Use web search tool to find authoritative documentation:
Search queries to try:
<topic> official documentation<topic> getting started guide<topic> API reference<topic> GitHub repositorySource prioritization:
Select 3–5 high-quality URLs maximum.
If no credible sources found, ask user to provide a URL.
For each selected URL, read the content:
Extract only relevant sections:
Skip irrelevant content:
If reading the content fails (JavaScript-heavy sites), fall back to browser agent:
Task: Navigate to <URL> and extract the main content including:
- Installation instructions
- Core concepts and API reference
- Code examples
Return the extracted content as markdown.
Record scrape timestamp for each source (use current date: YYYY-MM-DD format).
Skills are modular, self-contained packages.
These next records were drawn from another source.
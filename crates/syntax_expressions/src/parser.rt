//! What the functions of the parser work on.

use syntax_nodes::Parts;
use syntax_readers::Cursor;

/// The tokens that are left, and the parts of what was read.
#[derive(Drop)]
pub struct Parser<'a> {
    /// The tokens that are left.
    pub tokens: Cursor<'a>,
    /// The parts of what was read, which are joined from the latest on.
    pub out: Parts,
}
Every skill consists of a required SKILL.md file and optional bundled resources:
skill-name/
├── SKILL.md (required)
│ ├── YAML frontmatter metadata (required)
│ │ ├── name: (required)
│ │ └── description: (required)
│ └── Markdown instructions (required)
└── Bundled Resources (optional)
├── scripts/ - Executable code (Python/Bash/etc.)
├── references/ - Documentation intended to be loaded into context as needed
└── assets/ - Files used in output (templates, icons, fonts, etc.)
references/skill_creation_guide.md to understand the format and principles.Antigravity supports two types of skills, save a global-workspace if asked.
.agent/skills/<skill-folder>/ Workspace-specific~/.gemini/antigravity/skills/<skill-folder>/ Global (all workspaces)Create directory if it doesn't exist, warn user before overwriting existing skill.
Report:
✓ Created skill: <topic>
Sources scraped: <N>
Saved to: .agent/skills/<topic>/SKILL.md
This skill will auto-trigger when working with <topic>.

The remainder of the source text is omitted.